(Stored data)
##########

impl<H: Held> Hosted<H> {
    /// A repository without rows. Its id has 1 to 64 bytes of a-z, 0-9 and -.
    pub fn new(alloc: Global, rule: Rule) -> Hosted<H>
        requires { IsTrue (is_id rule.id) }
        ensures { result ≡ new_hosted (shown_rule rule) }
    {
        let rows = CountedRows::new(alloc);
        let docs = Docs::new(alloc);
        Hosted {
            alloc,
            rule,
            rows,
            docs,
        }
    }

    /// Its rule.
    pub fn rule(&self) -> &Rule
        ensures { shown_rule result.now ≡ self.now.rule }
    {
        &self.rule
    }

    /// Whether this is its id.
    pub fn has_id(&self, id: &str) -> bool
        ensures { result ≡ is_repository id.now self.now }
    {
        self.rule.id.as_str() == id
    }

    /// Whether it takes what a path of this kind names: files of releases, of snapshots, or of both.
    pub fn may_put(&self, kind: &Kind<'_>) -> bool
        ensures { result ≡ takes_file self.now.rule (file_in (Ok kind.now)) }
    {
        self.rule.takes(kind)
    }

    /// What it has at a path. Of a document a share is given, and no memory is taken; that fails only where its text has too many
    /// shares to count.
    pub fn look(&self, path: &str) -> Result<Option<Seen<'_, H>>, NoMemory>
        ensures seen { IfOk result (λ s. shown_seen s ≡ seen_at self.now.rows path.now (kind path.now)) }
        ensures room { OnErr result (is_of_document (kind path.now) ≡ true) }
    {
        looks::look_at(&self.rows, &self.docs, path)
    }

    /// The row at a path.
    pub fn row(&self, path: &str) -> Option<&Row<H>>
        ensures { option_map (λ row. shown_at path.now row.now) result ≡ row_at path.now self.now.rows }
    {
        find(self.rows.map(), path)
    }

    /// Puts a stored blob at a path at a moment, in seconds since 1970 in UTC. A row of the same content stays its file and
    /// is visible again, and one of another content stays as it is. A new row, and one that is visible again, is recorded
    /// first; where that fails nothing is changed.
    pub fn put<K: Records>(
        &mut self,
        records: &mut K,
        path: &str,
        parcel: Parcel<H>,
        now: u64,
    ) -> Put<H>
        requires form { IsPut path.now (shown_parcel parcel) now }
        requires records { MayTake (recorded (put_turn self.old path.now (shown_parcel parcel) now).effects) (K.shows records.old) }
        ensures reply { let turn = put_turn self.old path.now (shown_parcel parcel) now in
            (shown_put result ≡ turn.reply) ⊎ (IsTrue (is_free (shown_put result)) × (recorded turn.effects ≢ [])) }
        ensures rows { let turn = put_turn self.old path.now (shown_parcel parcel) now in
            self.new ≡ (if is_free (shown_put result) then self.old else record self.old { rows = rows_after_all turn.effects self.old.rows }) }
        ensures records { Leaves (recorded (put_turn self.old path.now (shown_parcel parcel) now).effects) (end_by (shown_put result)) (K.shows records.old) (K.shows records.new) }
        ensures parcel { GivesBack result parcel }
    {
        match standing(self.rows.map(), path, print_of(&parcel)) {
            Standing::Free => self.create(records, path, parcel, now),
            Standing::Other(kept) => Put::Taken { kept, sent: parcel },
            Standing::Same => Put::Same(parcel),
            Standing::Unlisted => self.relist(records, path, parcel, now),
        }
    }

    // Puts a stored blob at a path that has no row.
    fn create<K: Records>(
        &mut self,
        records: &mut K,
        path: &str,
        parcel: Parcel<H>,
        now: u64,
    ) -> Put<H>
        requires free { row_at path.now self.old.rows ≡ None }
        requires form { IsPut path.now (shown_parcel parcel) now }
        requires records { MayTake (puts_row self.old.rule.id path.now (shown_parcel parcel) now) (K.shows records.old) }
        ensures reply { (shown_put result ≡ created) ⊎ IsTrue (is_free (shown_put result)) }
        ensures rows { self.new ≡ (if is_free (shown_put result) then self.old
            else record self.old { rows = with_row (new_row path.now (shown_parcel parcel) now) self.old.rows }) }
        ensures records { Leaves (puts_row self.old.rule.id path.now (shown_parcel parcel) now) (end_by (shown_put result)) (K.shows records.old) (K.shows records.new) }
        ensures parcel { GivesBack result parcel }
    {
        sizes(parcel.digests);
        let id = &self.rule.id;
        match storing::create(
            self.alloc,
            &mut self.rows,
            &mut self.docs,
            records,
            id,
            path,
            &parcel,
            now,
        ) {
            Ok(()) => Put::Created,
            Err(CommitFault::Failed) => Put::StoreFault(parcel),
            Err(CommitFault::NoMemory) => Put::NoMemory(parcel),
        }
    }

    // Puts a stored blob at a path that has an unlisted row of the same content.
    fn relist<K: Records>(
        &mut self,
        records: &mut K,
        path: &str,
        parcel: Parcel<H>,
        now: u64,
    ) -> Put<H>
        requires form { IsPut path.now (shown_parcel parcel) now }
        requires snapshot { is_snapshot_path path.now ≡ true }
        requires faded { FadesAt path.now self.old.rows }
        requires records { MayTake (lists_row self.old.rule.id path.now now) (K.shows records.old) }
        ensures reply { (shown_put result ≡ relisted) ⊎ IsTrue (is_free (shown_put result)) }
        ensures rows { self.new ≡ (if is_free (shown_put result) then self.old
            else record self.old { rows = change_where (is_row path.now) (list_again now) self.old.rows }) }
        ensures records { Leaves (lists_row self.old.rule.id path.now now) (end_by (shown_put result)) (K.shows records.old) (K.shows records.new) }
        ensures parcel { GivesBack result parcel }
    {
        let id = &self.rule.id;
        match storing::relist(
            self.alloc,
            &mut self.rows,
            &mut self.docs,
            records,
            id,
            path,
            now,
        ) {
            Ok(()) => Put::Relisted(parcel),
            Err(CommitFault::Failed) => Put::StoreFault(parcel),
            Err(CommitFault::NoMemory) => Put::NoMemory(parcel),
        }
    }

    /// Deploys staged files all at once at a moment, in seconds since 1970 in UTC, together with one more item. What stands
    /// against it is found first: a path whose row has another content, and then a release directory without its pom, staged or
    /// visible; the first in byte order is named. Rows of the same content stay and are visible again. All is recorded as one
    /// change before it is seen; where that fails nothing is changed.
    pub fn put_all<K: Records>(
        &mut self,
        records: &mut K,
        staged: &BTreeMap<String, Parcel<H>>,
        also: Item,
        now: u64,
    ) -> PutAll
        requires moment { now ≤ latest_moment }
        requires ready { (K.shows records.old).IsReady }
        requires files { IsTrue (list_all is_recordable (shown_files staged.now.entries)) }
        requires few { length (shown_files staged.now.entries) ≤ most_rows }
        requires also { IsTrue (is_item also) }
        requires whole { IsTrue (is_of Second also) }
        requires short { length (item_bytes also) < 65536 }
        requires fits { offence self.old.rows (shown_files staged.now.entries) ≡ None → without_pom self.old.rows (shown_files staged.now.entries) ≡ None
            → FitWhereTold (K.shows records.old).tables (recorded (deliveries self.old (shown_files staged.now.entries) now) ++ also ∷ []) }
        ensures reply { (shown_put_all result ≡ (delivery self.old (shown_files staged.now.entries) now).reply) ⊎ IsTrue (is_free (shown_put_all result)) }
        ensures asked { result ≡ PutAll.StoreFault → (offence self.old.rows (shown_files staged.now.entries) ≡ None) × (without_pom self.old.rows (shown_files staged.now.entries) ≡ None) }
        ensures rows { self.new ≡ (if is_done result
            then record self.old { rows = rows_after_all (deliveries self.old (shown_files staged.now.entries) now) self.old.rows } else self.old) }
        ensures blobs { blobs_of result ≡ (if is_done result then flat_map left_by (deliveries self.old (shown_files staged.now.entries) now) else []) }
        ensures records { LeavesDelivery (recorded (deliveries self.old (shown_files staged.now.entries) now) ++ also ∷ []) result (K.shows records.old) (K.shows records.new) }
    {
        if let Err(answer) = judge(self.alloc, self.rows.map(), staged) {
            return answer;
        }
        let id = &self.rule.id;
        match delivering::deliver_all(
            self.alloc,
            &mut self.rows,
            &mut self.docs,
            records,
            id,
            staged,
            also,
            now,
        ) {
            Ok(blobs) => PutAll::Done {
                count: staged.len() as u64,
                blobs: Numbers::from_vec(blobs),
            },
            Err(CommitFault::Failed) => PutAll::StoreFault,
            Err(CommitFault::NoMemory) => PutAll::NoMemory,
        }
    }

    /// A repository of these parts: rows at paths of files, of which only snapshots' are unlisted, and the documents of their
    /// directories.
    pub(crate) fn of_parts(alloc: Global, rule: Rule, rows: CountedRows<H>, docs: Docs) -> Hosted<H>
        requires named { IsTrue (is_id rule.id) }
        requires files { AreFiles rows }
        requires fading { AllFadeRightly rows }
        requires kept { AreOf docs rows }
        ensures { result ≡ record { rule = shown_rule rule; rows = rows } }
    {
        Hosted {
            alloc,
            rule,
            rows,
            docs,
        }
    }

    /// A copy of the document of a directory, which has its visible rows; none where there are none.
    pub fn document(&self, dir: &Dir<'_>) -> Result<Option<Doc>, NoMemory>
        ensures { IfOk result (λ d. d ≡ document dir.now self.now.rows) }
    {
        match self.docs.get(dir) {
            Some(kept) => Ok(Some(kept.doc.copied(self.alloc)?)),
            None => Ok(None),
        }
    }

    /// How many rows it has, and how many of them are unlisted.
    pub fn counts(&self) -> (u64, u64)
        ensures all { result.0 ≡ length self.now.rows }
        ensures fading { result.1 ≡ count_by fades self.now.rows }
    {
        self.rows.counts()
    }

    /// The paths of the rows that are to fade at a moment, at most 1,000,000, in byte order: the visible files of builds that
    /// the rule no longer keeps (Maven 2 repository layout). Each snapshot directory's builds are ranked once; a row is looked
    /// at once for each snapshot directory above it, of which a path has fewer than a hundred.
    pub fn due_paths(&self, now: u64) -> Result<Vec<String>, NoMemory>
        ensures { IfOk result (λ paths. map string_bytes paths.items ≡ map (λ row. row.path) (due_rows self.now.rule now self.now.rows)) }
    {
        due_paths(self.alloc, &self.rows, &self.rule, now)
    }

    /// Unlists the rows that are to fade at a moment, in seconds since 1970 in UTC, those of `due_paths`, and gives how many.
    /// They are still answered, and named by no document. That they fade is recorded first; where that fails nothing is
    /// changed.
    pub fn unlist<K: Records>(&mut self, records: &mut K, now: u64) -> Result<u64, CommitFault>
        requires moment { now ≤ latest_moment }
        requires records { MayTake (recorded (fade_all self.old now)) (K.shows records.old) }
        ensures count { IfOk result (λ n. n ≡ length (due_rows self.old.rule now self.old.rows)) }
        ensures rows { OnOk result (self.new ≡ record self.old { rows = rows_after_all (fade_all self.old now) self.old.rows }) }
        ensures err { OnErr result (self.new ≡ self.old) }
        ensures asked { result ≡ Err CommitFault.Failed → recorded (fade_all self.old now) ≢ [] }
        ensures records { Leaves (recorded (fade_all self.old now)) (end_of result) (K.shows records.old) (K.shows records.new) }
        // All files and their side files are answered as before.
        ensures answered { (path : List ℕ) → is_of_document (kind path) ≡ false
            → seen_at self.new.rows path (kind path) ≡ seen_at self.old.rows path (kind path) }
    {
        purge::unlist_rows(
            self.alloc,
            &mut self.rows,
            &mut self.docs,
            records,
            &self.rule,
            now,
        )
    }

    /// The first rows whose grace period, in seconds, is over at a moment, in byte order of path: what `drop_expired` takes
    /// away with their count. Their removals are added to a change while it has fewer than 1,000,000 items, and their blobs to
    /// a list; it gives how many there are. When memory runs out both are as before.
    pub fn expiring(
        &self,
        grace: u64,
        now: u64,
        change: &mut Change,
        blobs: &mut Vec<u64>,
    ) -> Result<u64, NoMemory>
        requires { AllByRecursion IsRemoved change.old }
        ensures count { IfOk result (λ n. n ≡ min (most_rows - length change.old) (length (expired_of grace now self.now))) }
        ensures change { OnOk result (change.new ≡ change.old ++ recorded (take (most_rows - length change.old) (expired_of grace now self.now))) }
        ensures blobs { OnOk result (blobs.new.items ≡ blobs.old.items ++ map blob_of (take (most_rows - length change.old) (expired_of grace now self.now))) }
        ensures unchanged { OnErr result (change.new ≡ change.old) }
        ensures untaken { OnErr result (blobs.new.items ≡ blobs.old.items) }
    {
        let most = MOST_ROWS.saturating_sub(change.items().len()) as u64;
        let gone = purge::first_expired(self.alloc, &self.rows, now.saturating_sub(grace), most)?;
        purge::add_gone(self.alloc, &self.rule.id, &gone, change, blobs)
    }

    /// Takes the first `count` rows away whose grace period, in seconds, is over at a moment. It takes no memory; that they go
    /// was recorded with `expiring`.
    pub fn drop_expired(&mut self, grace: u64, now: u64, count: u64)
        ensures { self.new ≡ record self.old { rows = rows_after_all (take count (expired_of grace now self.old)) self.old.rows } }
    {
        // Its contract says that the paths rise.
        let _len = self.rows.map().len();
        self.rows.drop_first(now.saturating_sub(grace), count);
    }
}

##########

Work instruction => Copy the lines above exactly, beginning at the line that has "IsTrue (is_of Second" and stopping after the line that has "None → without_pom", and omit the rest.

Response area =>
        requires whole { IsTrue (is_of Second also) }
        requires short { length (item_bytes also) < 65536 }
        requires fits { offence self.old.rows (shown_files staged.now.entries) ≡ None → without_pom self.old.rows (shown_files staged.now.entries) ≡ None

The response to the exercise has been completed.